Are you aware of solutions for multi-threaded and relative time-accurate recordi...

gregthelaw · on Feb 1, 2025

Co-founder of Undo here. This is a common misunderstanding, and just not true -- neither for Undo nor rr. Most races will reproduce at least as easily in Undo, especially if you use our "thread fuzzing" feature (rr has something similar, called chaos mode).

Sure, there will always be some races/timing issues that just won't repro under recording (Heisenberg principal and all that), but in fact most races are _more likely_ to occur under recording. Part of this is because you slow down the process being recorded, which is equivalent to speeding up the outside world.

And of course, when you do have your gnarly timing issue captured in a recording, it's usually trivial to root-cause exactly what happened. Our customers tell us that races and timing issues are a major use-case.

matu3ba · on Feb 1, 2025

Thanks for clarification. I have not been aware of thread fuzzing and chaos mode before.

Veserv · on Feb 1, 2025

Multiplexing onto a single thread is sufficient to observe and record concurrency errors. If that is not sufficient, then I am assuming you want to observe and record errors caused by true parallelism. If so, then you need a full memory trace.
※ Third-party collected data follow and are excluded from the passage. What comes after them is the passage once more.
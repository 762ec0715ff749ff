// A facility's 32 words, of which the first 17 are its capability as call 2 carries it: W0 to W16.
// "0 kind (0: none); 1–16 W1 to W16; 17, 18 outage window; the rest zero"
pub const KIND: usize = 0;

pub const MAX_GENERATION: usize = 1;

pub const MAX_COMBINED: usize = 2;

pub const MAX_RESERVE: usize = 3;

pub const MAX_RAMP_UP: usize = 7;

pub const MAX_RAMP_DOWN: usize = 8;

pub const MAX_PROPORTION: usize = 9;

pub const REGISTERED: usize = 12;

// The word of service s is s words further: W3 to W6 for services 1 to 4, W9 to W11 for services 1 to 3.
pub const MAX_OF_SERVICE: usize = MAX_RESERVE - 1;

pub const MAX_PROPORTION_OF_SERVICE: usize = MAX_PROPORTION - 1;

pub const CAPABILITY: usize = 17;

pub const OUTAGE: usize = 17;

pub const WORDS: usize = 32;
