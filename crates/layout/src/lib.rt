// Document 01's places, widths and numbers that more than one crate needs, each said once in code: the words of a book, the bytes of a record, services, slots, minutes,
// and who draws which number. The rule's own text of them is in offer_rules and book_rules; a contract that is met shows that both agree.
#![tactic(auto)]

pub mod answer;
pub mod cell;
pub mod facility;
pub mod fields;
pub mod head;
pub mod offer;
pub mod refusal;
pub mod service;
pub mod sizes;
pub mod time;

pub use cell::Stamp;
pub use refusal::{Refusal, drawn, refuse_if};
pub use service::Service;
pub use sizes::Sizes;
pub use time::{Minute, Period, Slot};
That restricts you to either hardware that supports full memory trace connected to a hardware trace probe or instrumented software full memory trace.

The former basically only exists for embedded boards and the latter does not exist (at say less than a 10x slowdown) for Linux or any other common desktop operating system as far as I am aware.

matu3ba · on Feb 1, 2025

So the only way to trace probe consumer desktop CPUs and possibly GPUs is by the hardware vendors them-self or specialized facilities/laboratories? For Intel I can find https://www.lauterbach.com/supported-platforms/architectures..., but nothing for trace probing AMD or later versions.

Veserv · on Feb 1, 2025

You can trace consumer desktop CPUs using instrumented software full memory trace, but that requires OS + debugger + compiler support which is not available for Linux, Windows, Mac, etc.
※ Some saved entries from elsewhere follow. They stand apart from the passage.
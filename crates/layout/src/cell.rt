// "Then cells of 24 words, numbered ((f·S + s)·2 + h)·336 + slot, h 0 standing, 1 variation: 0 stamp (0 empty, 1 standing, P + 1 variation),
// 1 proportion, .. 4–23 pairs"; "word 2 becomes ramp up times 10,000 plus ramp down, word 3 the minute" of acceptance.
ghost use Rattle.std.specs.Prelude.{◌<◌};

use crate::time;

pub const STAMP: usize = 0;

pub const PROPORTION: usize = 1;

pub const RAMPS: usize = 2;

pub const MINUTE: usize = 3;

pub const PAIRS: usize = 4;

pub const WORDS: usize = 24;

pub const RAMP_UNIT: i32 = 10000;

// `as`, as From is no const function.
pub const SLOTS: usize = time::SLOTS as usize;

// "16,128·F·S": the cells of a facility for one service, two halves of a cell for each slot.
pub const SERVICE_WORDS: usize = 2 * SLOTS * WORDS;

// "0 stamp (0 empty, 1 standing, P + 1 variation)": a number, which a cell's word 0 holds, and no enum.
#[derive(Clone, Copy, Debug, PartialEq, Eq)]
pub struct Stamp {
    pub number: u32,
    pub ghost in_a_word: { number < 2147483648 },
}

impl Stamp {
    pub const EMPTY: Stamp = Stamp { number: 0 };

    pub const STANDING: Stamp = Stamp { number: 1 };
}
You can trace hardware that exposes trace functionality usually via a debug port of some kind. Many chips have trace functionality in their production design, but no debug connector is physically present in off-the-shelf boards (to reduce manufacturing cost). You can usually physically modify the board to get access to this functionality which is routinely done when porting software to a new chip/board.
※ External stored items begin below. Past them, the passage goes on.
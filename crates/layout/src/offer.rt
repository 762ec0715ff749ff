// An offer's 23 words: what calls 3 and 4 carry, and what a look-up answers after word 0.
pub const PROPORTION: usize = 0;

pub const RAMP_UP: usize = 1;

pub const RAMP_DOWN: usize = 2;

pub const PAIRS: usize = 3;

pub const WORDS: usize = 23;

pub const PAIR_COUNT: usize = 10;

// "for 1 to 3 the proportion and five pairs; for 4 five pairs"
pub const FEWER_PAIRS: usize = 5;

// The words of all, price and quantity each.
pub const PAIR_WORDS: usize = 2 * PAIR_COUNT;

// 8 and 11 "outside 0–99,999": of a maximum and of a quantity
pub const MOST_QUANTITY: i32 = 99999;

// 14 "also covers a ramp above 9,999"
pub const MOST_RAMP: i32 = 9999;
Trace functionality comes in two major flavors, control flow trace and memory trace. Control flow trace only records control flow, so the contents of memory are unknown which is not very useful for your desired use case. Memory trace records memory accesses, so the contents of memory are known. Unfortunately, memory trace is very resource intensive, so most systems that support trace only implement control flow trace. As far as I am aware, it is very unlikely that any desktop or server CPU has memory trace.

The major manufacturers of trace probes and solutions that I know of are Green Hills Software, Lauterbach, and Segger.

matu3ba · on Feb 1, 2025

Thanks for your write-up, this is very helpful for understanding.

dzaima · on Feb 1, 2025

While the single-threaded execution means that issues from thread interleaving on the scale of nanoseconds will effectively not happen, multiple threads are still allowed and will be context-switched between. rr also has a chaos mode to intentionally make the context switching unfair.

matu3ba · on Feb 1, 2025

What kind/class of issues are caused by "thread interleaving on the scale of nanoseconds"? Faulty CPU bit flips due to radiation/quantum effects or what are you referring to? Just curious.

dzaima · on Feb 2, 2025

Not doing things atomically when they should be (incl. missing locks around tiny ops) would be a pretty large class.

With native multithreading data can pass from thread to thread millions of times per second, and you're much less likely to hit obscure interactions when limited instead to maybe a couple hundred context switches per second.

gregthelaw · on Feb 1, 2025

Exactly right. Undo has "thread fuzzing" which is similar concept to chaos mode, but more targeted.

AlotOfReading · on Feb 1, 2025

Antithesis is the only general purpose system I've seen for that. It takes the same single threaded approach, but can scale to N separate systems and fault injecting possible orderings.